In this subsection, the metrics used for the tests is defined. Three features are to be measured: feasibility of the System’s construction, scalability of the Systems and the positive impact that the solutions bring to the IoT6 architecture (potential benefits). Two of these features are quite abstract and difficult to measure objectively – feasibility and potential benefits – conversely, we can define an objective metric for the scalability of the System.

5.3.1 Scalability

For scalability, the time to perform two tasks in different conditions will be measured, as well as changing the number of entities that will be managed. The two tasks are as follows:

a) When the raw data is sent by a device and arrives at the Gateway and the moment when

the Gateway possess the IoT6 Stack format of information.

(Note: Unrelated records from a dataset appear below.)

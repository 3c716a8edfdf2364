// The frame: its greys and the draw target that they are, filled where the target shows them.
ghost use Rattle.std.specs.Prelude.{length};
ghost use Rattle.geometry.specs.Canvas.{Canvas};

use crate::filling::fill_area;
use crate::{DrawTarget, Rectangle};

// A frame that is drawn on: its greys, row by row, and its sides with the area in which they may change.
#[derive(Drop)]
pub struct Frame<'a> {
    pub greys: &'a mut [u8],
    pub target: DrawTarget,
    ghost canvas: { Canvas target (length greys.now) },
}

impl<'a> Frame<'a> {
    ghost use Rattle.std.specs.Prelude.{◌≡◌, length, Some};
    ghost use Rattle.geometry.specs.Layer.{filled};
    ghost use Rattle.geometry.specs.Canvas.{Canvas};
    ghost use Rattle.geometry.specs.Painted.{Painted};

    // The frame of these greys.
    pub fn new(greys: &'a mut [u8], target: DrawTarget) -> Frame<'a>
        requires { Canvas target (length greys.old) }
        ensures same_greys { result.greys.ghost_name ≡ greys.entry.ghost_name }
        ensures greys_value { result.greys.now ≡ greys.old }
        ensures target_value { result.target ≡ target }
    {
        Frame { greys, target }
    }

    // Fills what the target shows of an area.
    pub fn fill_solid(&mut self, area: Rectangle, grey: u8)
        ensures { Painted self.old (filled area (Some grey)) self.new }
    {
        if area.is_empty() {
            return;
        }
        let shown = self.target.clip_area.intersection(area);
        if shown.is_empty() {
            return;
        }
        let part = shown.on_frame();
        let width = self.target.width;
        let greys = &mut *self.greys;
        fill_area(greys, width, part, grey);
    }

    // The same with a colour that may be unset: then nothing is filled.
    pub fn fill(&mut self, area: Rectangle, color: Option<u8>)
        ensures { Painted self.old (filled area color) self.new }
    {
        if let Some(grey) = color {
            self.fill_solid(area, grey);
        }
    }
}
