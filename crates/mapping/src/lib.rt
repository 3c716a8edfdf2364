// A mapping: the entries that its bytes spell, the index of a character, whether it is listed, and the refusals 7 and 8.
#![tactic(auto)]

ghost use Rattle.std.specs.Prelude.{◌≡◌, ◌≤◌, true, length, IfSome};
ghost use Rattle.refusals.specs.Numbers.{refusal_of};
ghost use Rattle.characters.specs.Utf8.{well_formed};
ghost use Rattle.mapping.specs.Entries.{entry_at, stop_of, in_range, scalars_below, at_most, glyph_at, stop_refusal, WithinLimit};
ghost use Rattle.mapping.specs.Mapping.{from_to, list_of, place_from, glyph, contains, refusal};
ghost use Rattle.mapping.specs.Search.{SkipsBelow, StartOf, Resumes};

use characters::{Cursor, Step};
use refusals::Refusal;
use search::Passed;

pub mod search;

// What stands at a position of a mapping: a range of characters and the position after it, a sequence that RFC 3629 does not allow, or the end of
// the list. Three cases as a step has, taken by `let else` in `check_mapping`, as docs/DECISIONS.md, Forms that were asked for, names it; no Result,
// which would make the end of a list an error.
#[derive(Clone, Copy, Debug, PartialEq, Eq)]
pub enum Entry {
    Range(u32, u32, Cursor),
    IllFormed,
    End,
}

// The glyph of a character: its index, and whether the mapping lists the character. No Option: a character that is not listed has an
// index too, the replacement's.
#[derive(Clone, Copy, Debug, PartialEq, Eq)]
pub struct Glyph {
    pub index: u32,
    pub listed: bool,
}

// The bytes of a mapping that the check accepts, which are lent.
#[derive(Clone, Copy, Debug, PartialEq, Eq)]
pub struct Mapping<'a> {
    pub bytes: &'a [u8],
    ghost within_limit: { WithinLimit bytes.now },
}

// What is passed over for a character whose sequence begins with `lead` or a higher byte.
#[derive(Clone, Copy, Debug, PartialEq, Eq)]
pub struct PassedBelow {
    pub lead: u8,
    pub passed: Passed,
}

// Where the search in a mapping starts for the characters of a text: the mapping's first entry, and what is passed over after it, if anything.
#[derive(Clone, Copy, Debug, PartialEq, Eq)]
pub struct Start {
    pub first: Entry,
    pub below: Option<PassedBelow>,
}

// How many characters stand below a number.
fn scalars_below(v: u64) -> u64
    ensures { result ≡ scalars_below v }
{
    if v < 0xD800 {
        return v;
    }
    if v < 0xE000 {
        return 0xD800;
    }
    v - 0x800
}

// How many characters stand from `start` to `end`, both included.
fn range_len(start: u32, end: u32) -> u64
    ensures { result ≡ length (from_to start end) }
{
    let below = scalars_below(u64::from(start));
    scalars_below(u64::from(end) + 1).saturating_sub(below)
}

// Whether ch is a character from `start` to `end`.
fn in_range(start: u32, end: u32, ch: u32) -> bool
    ensures { result ≡ in_range start end ch }
{
    (start <= ch) & ((ch <= end) & !characters::is_surrogate(ch))
}

// The entry where no character stands.
fn stop(step: Step) -> Entry
    ensures { result ≡ stop_of step }
{
    match step {
        Step::IllFormed => Entry::IllFormed,
        _ => Entry::End,
    }
}

// The entry at the cursor.
fn entry_at(mapping: &[u8], c: Cursor) -> Entry
    ensures { result ≡ entry_at mapping.now c.at }
{
    let first = characters::next(mapping, c);
    let Step::Character(ch, after) = first else {
        return stop(first);
    };
    if ch != 0 {
        return Entry::Range(ch, ch, after);
    }
    let second = characters::next(mapping, after);
    let Step::Character(start, then) = second else {
        return stop(second);
    };
    let third = characters::next(mapping, then);
    let Step::Character(end, last) = third else {
        return stop(third);
    };
    Entry::Range(start, end, last)
}

// The first position of a character in the list that the bytes spell, counted from `count`, or 65,536 for every position from there on. No
// iterator of entries: between two of them bytes may be passed over in blocks. `well_formed` stays a clause here, in `resume` and in
// `search::skip`: the bytes are others at each call.
fn find(mapping: &[u8], count: u64, ch: u32) -> Option<u32>
    requires well { well_formed mapping.now ≡ true }
    requires count_bound { count ≤ 65_536 }
    ensures { result ≡ at_most 65_536 (place_from count ch (list_of mapping.now)) }
{
    let mut rest = mapping;
    let mut k = count;
    loop {
        let passed = search::skip(rest, ch);
        let more = passed.count.min(65536);
        k = (k + more).min(65536);
        let Entry::Range(start, end, after) = entry_at(rest, Cursor { at: passed.at }) else {
            return None;
        };
        if in_range(start, end, ch) {
            let through = range_len(start, ch);
            let place = (k + through - 1).min(65536);
            return Some(place as u32);
        }
        let len = range_len(start, end);
        k = (k + len).min(65536);
        rest = &rest[after.at..];
    }
}

// What is passed over after the first entry for the characters of a text, if a block stands there: only then is the text looked at. `SkipsBelow` is a
// clause here, in `resume` and in `search::pass_below`, since it ties what was passed to the bytes that are lent beside it.
fn passed_below(rest: &[u8], text: &[u8]) -> Option<PassedBelow>
    ensures { IfSome result (λ below. SkipsBelow rest.now below.lead below.passed) }
{
    if rest.len() < 128 {
        return None;
    }
    let lead = search::least_lead(text)?;
    let passed = search::pass_below(rest, lead);
    Some(PassedBelow { lead, passed })
}

// The rest of the bytes after the first entry in which ch is looked for, and how many characters are counted by there if `count` are before:
// after what is passed over, if the sequence of ch begins with its lead byte or a higher one, 00 counted as the highest: no 00 is passed over, so that
// U+0000 is not looked for among those bytes again.
fn resume(rest: &[u8], below: Option<PassedBelow>, count: u64, ch: u32) -> (&[u8], u64)
    requires well { well_formed rest.now ≡ true }
    requires skips_below { IfSome below (λ below. SkipsBelow rest.now below.lead below.passed) }
    requires count_bound { count ≤ 65_536 }
    ensures { Resumes rest.now ch count result.0.now result.1 }
{
    match below {
        Some(below) if below.lead.wrapping_sub(1) <= search::lead_of(ch).wrapping_sub(1) => {
            let more = below.passed.count.min(65536);
            let counted = (count + more).min(65536);
            (&rest[below.passed.at..], counted)
        }
        _ => (rest, count),
    }
}

// The glyph of a character that stands at a position, or nowhere.
fn glyph_at(place: Option<u32>, replacement: u32) -> Glyph
    ensures { result ≡ glyph_at replacement place }
{
    Glyph {
        index: place.unwrap_or(replacement),
        listed: place.is_some(),
    }
}

impl<'a> Mapping<'a> {
    // Where the search in the mapping starts for the characters of a text.
    pub fn start_of(&self, text: &[u8]) -> Start
        ensures { StartOf self.now.bytes.now result }
    {
        let first = entry_at(self.bytes, Cursor { at: 0 });
        let Entry::Range(_, _, after) = first else {
            return Start { first, below: None };
        };
        let below = passed_below(&self.bytes[after.at..], text);
        Start { first, below }
    }

    // The glyph of a character: its first position, else the replacement. Where the search starts is given, so that a character of the first
    // range is found without a step over the bytes.
    pub fn glyph_with(&self, start: Start, replacement: u32, ch: u32) -> Glyph
        requires { StartOf self.now.bytes.now start }
        ensures { result ≡ glyph self.now.bytes.now replacement ch }
    {
        let Entry::Range(low, high, after) = start.first else {
            return glyph_at(None, replacement);
        };
        if in_range(low, high, ch) {
            let through = range_len(low, ch);
            let index = (through - 1) as u32;
            return glyph_at(Some(index), replacement);
        }
        let len = range_len(low, high).min(65536);
        let (rest, count) = resume(&self.bytes[after.at..], start.below, len, ch);
        let place = find(rest, count, ch);
        glyph_at(place, replacement)
    }

    // The same, for a single character. Not by `glyph_with`: with a second caller of it a page takes 1.07 of its time (docs/PERFORMANCE.md), where none
    // is to take 1.01.
    pub fn glyph_of(&self, replacement: u32, ch: u32) -> Glyph
        ensures { result ≡ glyph self.now.bytes.now replacement ch }
    {
        let place = find(self.bytes, 0, ch);
        glyph_at(place, replacement)
    }

    // Whether the mapping lists a character.
    pub fn contains(&self, ch: u32) -> bool
        ensures { result ≡ contains self.now.bytes.now ch }
    {
        self.glyph_of(0, ch).listed
    }
}

// The refusal where a mapping's entries stop, after so many characters.
fn stop_refusal(stop: Entry, count: u64) -> Result<(), Refusal>
    ensures { refusal_of result ≡ stop_refusal stop count }
{
    let Entry::End = stop else {
        return Err(Refusal::MappingIllFormed);
    };
    if 65536 < count {
        return Err(Refusal::MappingTooLong);
    }
    Ok(())
}

// Refuses an ill-formed mapping, and one that spells more than 65,536 characters. The walk is over cursors, each entry and the next one taken
// by `let else`: docs/DECISIONS.md, Forms that were asked for, names this place.
pub fn check_mapping(mapping: &[u8]) -> Result<(), Refusal>
    ensures { refusal_of result ≡ refusal mapping.now }
{
    let mut c = Cursor { at: 0 };
    let mut count: u64 = 0;
    loop {
        let entry = entry_at(mapping, c);
        let Entry::Range(start, end, after) = entry else {
            return stop_refusal(entry, count);
        };
        let len = range_len(start, end);
        count = (count + len).min(65537);
        c = after;
    }
}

b) When the Gateway sends the message containing the Fact and the moment of time it

receives a message containing the Action (if found) or an empty message (if no Action is

found).

5.3.2 Feasibility

As stated previously, the definition of feasibility is that the M2M Interaction System must be created in a way that makes it as easy as possible, a questionnaire will be provided for the developers that will implement the three systems in order to obtain feedback regarding the difficulties they faced and which approach is easier to implement and why.

5.3.3 Potential Benefits

For the potential benefits, valuable metrics were not able to be found, therefore, it will not be part of the Results subsection. Consequently, only our point of view on the pros and cons of each approach regarding the IoT6 project will be made in the Evaluation Conclusions.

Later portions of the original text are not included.